Electoral trusts: How political donations are routed after electoral bonds
With the Supreme Court striking down the electoral bonds scheme in February 2024, corporate political funding in India has shifted back to an older, more transparent channel — electoral trusts. Data for 2024–25 shows a sharp rise in donations through these trusts, underlining how they have once again become central to the political finance ecosystem.
Why electoral trusts are back in focus
Electoral trusts gained renewed prominence after the Supreme Court of India invalidated the electoral bonds scheme, holding that anonymous political funding violated citizens’ right to information. In the immediate aftermath, companies seeking a lawful and compliant way to donate to political parties increasingly turned to electoral trusts.

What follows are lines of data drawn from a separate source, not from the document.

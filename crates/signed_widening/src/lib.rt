// An amount added to a counter of a signed group that does not hold the sum.
#![tactic(auto)]

ghost use Rattle.std.specs.Prelude.{◌≡◌, false, ◌^◌, ◌<◌, ◌≤◌, IfSome, Ok};
ghost use Rattle.group_block.specs.Sum as sum_spec;
ghost use Rattle.signed_number.specs.Number.{integer_of, signed_of};
ghost use Rattle.signed_block.specs.Passed.{signed_block, signed_summed, SignedSane};
ghost use Rattle.signed_words.specs.Words.{holds_at};
ghost use Rattle.signed_widening.specs.Widening.{twin_sum, Past};

use group_block::{Packed, high_word, low_word};
use group_levels::{formed, level_at, place, put, twins, value_at};
use signed_block::{SignedMeter, bits, top, value};
use signed_number::{Signed, plus};

// The sum of the two counters of this level side by side at a place.
fn twin_sum(word: u64, level: u32, place: usize) -> Signed
    requires fact_1 { level ≤ 2 }
    requires fact_2 { place < 64 }
    ensures value { result ≡ signed_of (twin_sum word level place) }
    ensures magnitude_bound { result.magnitude < 2 ^ 32 }
{
    let both = value_at(word, level + 1, place);
    plus(
        value(level, low_word(level, both)),
        value(level, high_word(level, both)),
    )
}

// The sum where the counter beside has the same level and one counter of the next level holds what both and the amount add up to.
fn widened(word: u64, merge: u8, level: u32, slot: usize, amount: Signed) -> Option<Packed>
    requires fact_1 { SignedSane 3 word merge }
    requires fact_2 { level ≤ 2 }
    requires fact_3 { slot < 8 }
    requires fact_4 { amount.magnitude < 2 ^ 63 }
    requires fact_5 { Past word merge level slot (integer_of amount) }
    ensures { IfSome result (λ p. Ok p ≡ signed_summed (sum_spec.add (signed_block 3 word merge) slot (integer_of amount))) }
{
    let at = place(level + 1, slot);
    if !twins(merge, level, at / 8) {
        return None;
    }
    let sum = plus(twin_sum(word, level, at), amount);
    if top(level + 1) <= sum.magnitude {
        return None;
    }
    Some(Packed {
        word: put(word, level + 1, at, bits(level + 1, sum)),
        merge: formed(merge, level, at / 8),
    })
}

// The sum. Most counters that widen have one of their own level beside them; the recursion is for the rest.
pub fn add_widening(word: u64, merge: u8, slot: usize, amount: Signed) -> Result<Packed, Signed>
    requires fact_1 { SignedSane 3 word merge }
    requires fact_2 { slot < 8 }
    requires fact_3 { amount.magnitude < 2 ^ 63 }
    requires fact_4 { holds_at word merge slot (integer_of amount) ≡ false }
    ensures { result ≡ signed_summed (sum_spec.add (signed_block 3 word merge) slot (integer_of amount)) }
{
    let level = level_at(merge, slot);
    if level < 3 {
        if let Some(wider) = widened(word, merge, level, slot, amount) {
            return Ok(wider);
        }
    }
    group_block::add::<SignedMeter>(3, word, merge, slot, amount)
}
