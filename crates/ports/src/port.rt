ghost use Rattle.std.specs.Prelude.{◌≡◌, ℕ, ◌+◌, ◌*◌, ◌<◌, ◌≤◌, length, slice_index, OnOk};
ghost use Rattle.bao_types.specs.Shape.{event_limit, port_size};
ghost use Rattle.ports.specs.PortState.{byte_count, kind_of, output_of, PortState};
ghost use Rattle.ports.specs.Registers.{after_input, after_read, after_write, line_of_input, line_of_write, value_read};

use bao_types::OutOfMemory;
use std::alloc::Global;

/// What a port does.
#[derive(Clone, Copy, Debug, PartialEq, Eq)]
pub enum PortKind {
    /// Takes bytes in and gives bytes out.
    Console,
    /// Sixteen words that keep what is written.
    Scratch,
    /// Counts input bytes.
    Ticker,
}

/// A device port.
///
/// No call but `reserve` takes memory: it makes the room for the bytes that writes and inputs add. Offsets and widths
/// are in bytes.
pub trait Port: Drop {
    ghost state: { Self → PortState };

    // how many writes and inputs there is room for
    ghost spare: { Self → ℕ };

    /// What the port does.
    fn kind(&self) -> PortKind
        ensures { result ≡ kind_of (state self.now) };

    /// Makes room for two writes or inputs per event.
    fn reserve(&mut self, alloc: Global, events: u32) -> Result<(), OutOfMemory>
        requires events { events ≤ event_limit }
        requires bytes { byte_count (state self.old) ≤ 2 * event_limit }
        ensures room { OnOk result (2 * events ≤ spare self.new) }
        ensures kept { spare self.old ≤ spare self.new }
        ensures state { state self.new ≡ state self.old };

    /// Reads `width` bytes at `offset`. A read may take a byte that waits.
    fn read(&mut self, offset: u32, width: u32) -> u64
        requires { offset + width ≤ port_size }
        ensures value { result ≡ value_read (state self.old) offset width }
        ensures state { state self.new ≡ after_read (state self.old) offset width }
        ensures spare { spare self.new ≡ spare self.old };

    /// Writes the low `width` bytes of `value` at `offset`, and answers whether the port's line is raised.
    fn write(&mut self, offset: u32, width: u32, value: u64) -> bool
        requires access { offset + width ≤ port_size }
        requires spare { 1 ≤ spare self.old }
        ensures line { result ≡ line_of_write (state self.old) offset width value }
        ensures state { state self.new ≡ after_write (state self.old) offset width value }
        ensures spare { spare self.old ≤ spare self.new + 1 };

    /// Takes an input byte, and answers whether the port's line is raised.
    fn input(&mut self, byte: u8) -> bool
        requires { 1 ≤ spare self.old }
        ensures line { result ≡ line_of_input (state self.old) }
        ensures state { state self.new ≡ after_input (state self.old) byte }
        ensures spare { spare self.old ≤ spare self.new + 1 };

    /// How many bytes a console has put out; 0 for the other kinds.
    fn out_len(&self) -> u32
        ensures { result ≡ length (output_of (state self.now)) };

    /// The byte of this number that a console has put out, the first one being 0.
    fn out_at(&self, i: u32) -> u8
        requires { i < length (output_of (state self.now)) }
        ensures { result ≡ slice_index (output_of (state self.now)) i };
}
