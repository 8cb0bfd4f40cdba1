ghost use Rattle.std.specs.Prelude.{◌≡◌, ℕ};
ghost use Rattle.ports.specs.declared.port.PortKind.{PortKind};
ghost use Rattle.ports.specs.PortState.{kind_of, new_port, PortState};
ghost use Rattle.ports.specs.Registers.{after_input, after_read, after_write};

/// The law that a port's kind never changes.
pub fn kind_stays()
    ensures new { (kind : PortKind) → kind_of (new_port kind) ≡ kind }
    ensures read { (state : PortState) (offset width : ℕ) → kind_of (after_read state offset width) ≡ kind_of state }
    ensures write { (state : PortState) (offset width value : ℕ) →
        kind_of (after_write state offset width value) ≡ kind_of state }
    ensures input { (state : PortState) (byte : ℕ) → kind_of (after_input state byte) ≡ kind_of state }
{}
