//! The assembler's program.
#![tactic(auto)]

use std::process::ExitCode;

fn main(rt: HostRuntime) -> ExitCode {
    asm_run::run(&rt)
}
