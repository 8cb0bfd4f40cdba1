//! The interface of a device port: 64 bytes of registers, and one interrupt line that writes and input bytes may
//! raise.
//!
//! `specs/` says what each kind of port does. The kinds themselves are in `port_kinds`, and where a port stands in
//! memory and which line it has is the board's to say.
#![tactic(auto)]

pub use law::kind_stays;
pub use port::{Port, PortKind};

mod law;
mod port;
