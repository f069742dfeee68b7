//! Applications are told, leaf by leaf.

ghost use Rattle.std.specs.Prelude.{◌≡◌, ◌<◌, ◌+◌, flat_map, length, map, nat_eq, slice_get, Some};
ghost use Rattle.std.specs.Map.{lookup};
ghost use Rattle.ynl_resource.specs.Names.{tenant_of};
ghost use Rattle.ynl_resource.specs.declared.names.Name.{Name};
ghost use Rattle.ynl_resource.specs.declared.paths.Path.{Path};
ghost use Rattle.ynl_slots.specs.Slots.{IsLive};
ghost use Rattle.ynl_tables.specs.declared.submissions.submissions.Submission.{Submission};
ghost use Rattle.ynl_inventory.specs.Rows.{AppRow};
ghost use Rattle.ynl_inventory.specs.Meaning.{app_of, leaf_of, submitted_to};
ghost use Rattle.ynl_inventory.specs.Sound.{IsLeaf};
ghost use Rattle.ynl_cluster.specs.Cluster.{state_in};
ghost use Rattle.ynl_saved.specs.declared.lines.StateLine.TheVariants.{Ask as AskLine};
ghost use Rattle.ynl_saved.specs.Handing.{Hands};
ghost use Rattle.ynl_saved.specs.Saving.{leaf_lines, live_lines};
ghost use Rattle.ynl_snapshots.specs.saving.Told.{queue_lines, submission_lines};

use crate::saving::lines::{ask_line, live_line};
use ynl_cluster::Cluster;
use ynl_replies::admission::tenant_of_leaf;
use ynl_replies::path_of;
use ynl_saved::{LineSink, StateLine};

/// What a live application asks for is told.
fn hand_asks<S: LineSink>(cluster: &Cluster, app: u32, sink: &mut S) -> Result<(), S::Fault>
    requires { IsLive app cluster.now.rows.apps }
    ensures { (row : AppRow) → lookup (nat_eq app) cluster.now.rows.apps ≡ Some row
        → Hands S.gives sink.old (map (AskLine (tenant_of (app_of cluster.now.rows (app, row)).leaf)
        (app_of cluster.now.rows (app, row)).name) (app_of cluster.now.rows (app, row)).asks)
        sink.new result }
{
    for i in 0..cluster.inventory().app(app).asks.as_slice().len() {
        sink.take(&ask_line(cluster, app, i))?;
    }
    Ok(())
}

/// A live application is told, and what it asks for.
fn hand_live<S: LineSink>(cluster: &Cluster, app: u32, sink: &mut S) -> Result<(), S::Fault>
    requires { IsLive app cluster.now.rows.apps }
    ensures { (row : AppRow) → lookup (nat_eq app) cluster.now.rows.apps ≡ Some row
        → Hands S.gives sink.old (live_lines (app_of cluster.now.rows (app, row))) sink.new result }
{
    sink.take(&live_line(cluster, app))?;
    hand_asks(cluster, app, sink)
}

/// An application is told that was submitted to the tenant of a leaf, if it was to this leaf.
fn hand_submission<S: LineSink>(
    cluster: &Cluster,
    leaf: usize,
    tenant: u32,
    turn: u32,
    sink: &mut S,
) -> Result<(), S::Fault>
    requires leaf { IsLeaf cluster.now.rows leaf }
    requires tenant { tenant < length cluster.now.rows.tenants }
    requires there { turn < length (submitted_to cluster.now.rows.tenants tenant) }
    ensures { (e : Name × Submission)
        → slice_get (submitted_to cluster.now.rows.tenants tenant) turn ≡ Some e
        → Hands S.gives sink.old (submission_lines cluster.now.rows leaf e) sink.new result }
{
    let submissions = cluster.inventory().submissions(tenant);
    let submission = submissions[turn];
    if submission.leaf as usize != leaf {
        return Ok(());
    }
    match submission.app {
        Some(app) => hand_live(cluster, app, sink),
        None => sink.take(&StateLine::Finished {
            queue: path_of(cluster, leaf),
            app: *submissions.name(turn),
        }),
    }
}

/// The applications of a leaf are told, in the order of submission.
fn hand_leaf<S: LineSink>(cluster: &Cluster, leaf: usize, sink: &mut S) -> Result<(), S::Fault>
    requires { IsLeaf cluster.now.rows leaf }
    ensures { Hands S.gives sink.old (leaf_lines (leaf_of cluster.now.rows leaf))
        sink.new result }
{
    let inventory = cluster.inventory();
    let tenant = tenant_of_leaf(cluster, leaf);
    for turn in 0..inventory.submissions(tenant).next_turn() {
        hand_submission(cluster, leaf, tenant, turn, sink)?;
    }
    Ok(())
}

/// The applications of a queue are told, if it is a leaf.
fn hand_queue<S: LineSink>(cluster: &Cluster, i: usize, sink: &mut S) -> Result<(), S::Fault>
    requires { i < length cluster.now.config.queues }
    ensures { (path : Path) → slice_get cluster.now.rows.paths i ≡ Some path
        → Hands S.gives sink.old (queue_lines cluster.now.rows (i + 1, path)) sink.new result }
{
    // Opens the inventory, whose rows are those of the configuration.
    let _ = cluster.inventory();
    let config = cluster.config();
    let row = &config.queues()[i];
    if config.is_leaf(row.path.names()) {
        hand_leaf(cluster, i + 1, sink)
    } else {
        Ok(())
    }
}

/// All applications are told, leaf by leaf.
pub(crate) fn hand_leaves<S: LineSink>(cluster: &Cluster, sink: &mut S) -> Result<(), S::Fault>
    ensures { Hands S.gives sink.old (flat_map leaf_lines (state_in cluster.now).leaves)
        sink.new result }
{
    // Opens the inventory, whose rows are those of the configuration.
    let _ = cluster.inventory();
    for i in 0..cluster.config().queues().len() {
        hand_queue(cluster, i, sink)?;
    }
    Ok(())
}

This shift is evident in official disclosures to the Election Commission of India. In 2023–24, only five trusts reported donations worth ₹1,218.36 crore. In 2024–25, nine trusts reported contributions, with total donations surging to ₹3,811 crore — more than a threefold increase in a single year.
What exactly are electoral trusts?
Electoral trusts are non-profit entities set up to receive voluntary contributions from individuals and companies and distribute them to registered political parties. The scheme governing them was notified in January 2013 by the UPA government, five years before the electoral bonds framework was introduced.
The core objective was to create a formal, regulated channel for political donations that ensured disclosure of both donors and recipients. Unlike electoral bonds, which masked donor identities from the public, electoral trusts are required to submit detailed annual reports to the Election Commission, listing contributors and beneficiary parties.
Who can set up a trust and who can donate?
Under the 2013 scheme, any company registered under the Companies Act can establish an electoral trust. Donations to these trusts are governed by Section 17CA of the Income Tax Act, 1961.
Eligible donors include:
- Indian citizens
- Companies registered in India
- Firms and Hindu Undivided Families (HUFs)
- Associations of persons residing in India
Foreign contributions are prohibited, aligning electoral trusts with broader restrictions on political funding under Indian law.
How many electoral trusts operate in India?
While the number of registered electoral trusts has fluctuated over the years — from just three in 2013 to a peak of 17 in 2021–22 — only a handful are active in any given financial year.
In 2024–25, three trusts accounted for nearly 98% of all contributions:
- Prudent Electoral Trust (formerly Satya Electoral Trust)
- Progressive Electoral Trust
- New Democratic Electoral Trust
Prudent Electoral Trust alone received ₹2,668.46 crore from multiple companies, making it by far the largest conduit of political funding. The Progressive Electoral Trust channelled donations primarily from Tata Group companies, while the New Democratic Electoral Trust received funds largely from Mahindra Group firms.
How do electoral trusts function in practice?
Electoral trusts operate under strict compliance rules:
- They must apply for renewal every three financial years.
- At least 95% of the contributions received in a financial year must be donated to political parties registered under the Representation of the People Act, 1951.
- Only up to 5% can be retained for administrative expenses.
Donations must be made through banking channels — cheque, demand draft, or electronic transfer. Donors are required to disclose their Permanent Account Number (PAN), or passport details in the case of non-resident Indians, ensuring traceability.
Why electoral trusts are considered more transparent
Transparency is the defining feature of the electoral trust model. Trusts are mandated to maintain audited accounts and submit annual statements to both the Central Board of Direct Taxes (CBDT) and the Election Commission.
These disclosures include:
- Names of all contributors
- Amounts donated by each donor
- Details of political parties that received funds
This makes electoral trusts one of the few political funding mechanisms where the public can scrutinise both sides of the transaction — who pays and who benefits.
What this means for political funding going forward
The post-electoral bonds phase suggests that corporate donations are unlikely to diminish; instead, they are being rerouted through mechanisms that meet constitutional and statutory requirements. Electoral trusts, with their disclosure norms and regulatory oversight, now form the backbone of this system.
For policymakers and voters alike, the challenge will be to ensure that transparency translates into accountability — and that rising donation volumes do not dilute the spirit of electoral fairness that the Supreme Court sought to reinforce by striking down anonymous funding.